//! Numbers that look random, and the arguments of programs that make calls at random: a seed of such numbers, and how often.
//!
//! Proved of a number that is drawn below another: it is. Not proved: that the numbers look random.
#![tactic(auto)]

mod args;
mod random;

pub use args::seed_and_count;
pub use random::Random;
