//! What is proved of sound and good images (`fo_good`), as the contracts of functions that do nothing.
//!
//! Proved: devices that were just formatted are sound, and are opened as the empty world of that moment and as no other, and no block of
//! them is lost; where no file and no snapshot is there, an image is sound by `fo_good` exactly where it is by `fo_sound`; the world of a sound image is within the limits,
//! and names lead 64 directories down at most; devices that were opened are good for their world, with nothing stale and nothing in doubt;
//! a good image of that kind shows all of its world.
//!
//! Not said here: what goodness is over steps (`fo_good`), which the calls say that make them.
#![tactic(auto)]

mod laws;

pub use laws::{
    empty_images_are_sound, fresh_images_are_sound, good_images_show_all, opened_images_are_good,
};
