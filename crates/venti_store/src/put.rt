//! The calls that put and get blocks.
use crate::index::is_empty;
use crate::read::{compare, copy_of, read_stored};
use crate::{Arena, ArenaError};
use fo_disk::{Disk, DiskFault};
use fo_image::{ArenaLine, Score, is_score, stored_block};
use sha1::Sha1;

/// How many blocks may wait in memory.
const MOST_WAITING: usize = 512;
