//! Laws of sound and good images. Each function does nothing: its contract is the law, so that the law is proved with the crate.
ghost use Rattle.fo_good_laws.specs.Laws.{FreshIsSound, FreshIsEmpty, FreshLosesNone, BuiltIsSound, SoundIsBuilt, WorldsFit, NamesEnd, OpenedIsGood, GoodShowsAll};

/// Devices that were just formatted are sound, and are opened as the empty world of that moment, and as no other. No block of them is lost.
pub fn fresh_images_are_sound()
    ensures sound { FreshIsSound }
    ensures empty { FreshIsEmpty }
    ensures lost { FreshLosesNone }
{}

/// Where no file and no snapshot is there, an image is sound exactly where it is by the smaller definition, which knows no files.
pub fn empty_images_are_sound()
    ensures built { BuiltIsSound }
    ensures back { SoundIsBuilt }
{}

/// Devices that are opened as a world have a good image for it, with nothing stale and nothing in doubt. That world is within the limits.
pub fn opened_images_are_good()
    ensures good { OpenedIsGood }
    ensures fit { WorldsFit }
    ensures ends { NamesEnd }
{}

/// A good image in which nothing is stale and nothing in doubt shows all of its world.
pub fn good_images_show_all()
    ensures { GoodShowsAll }
{}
######
*DIRECTIONS:* Could you transcribe the entries above word for word, from the line with "that do nothing." down to the line with "and no block of", keeping both?

*RESULT:*
//! What is proved of sound and good images (`fo_good`), as the contracts of functions that do nothing.
//!
//! Proved: devices that were just formatted are sound, and are opened as the empty world of that moment and as no other, and no block of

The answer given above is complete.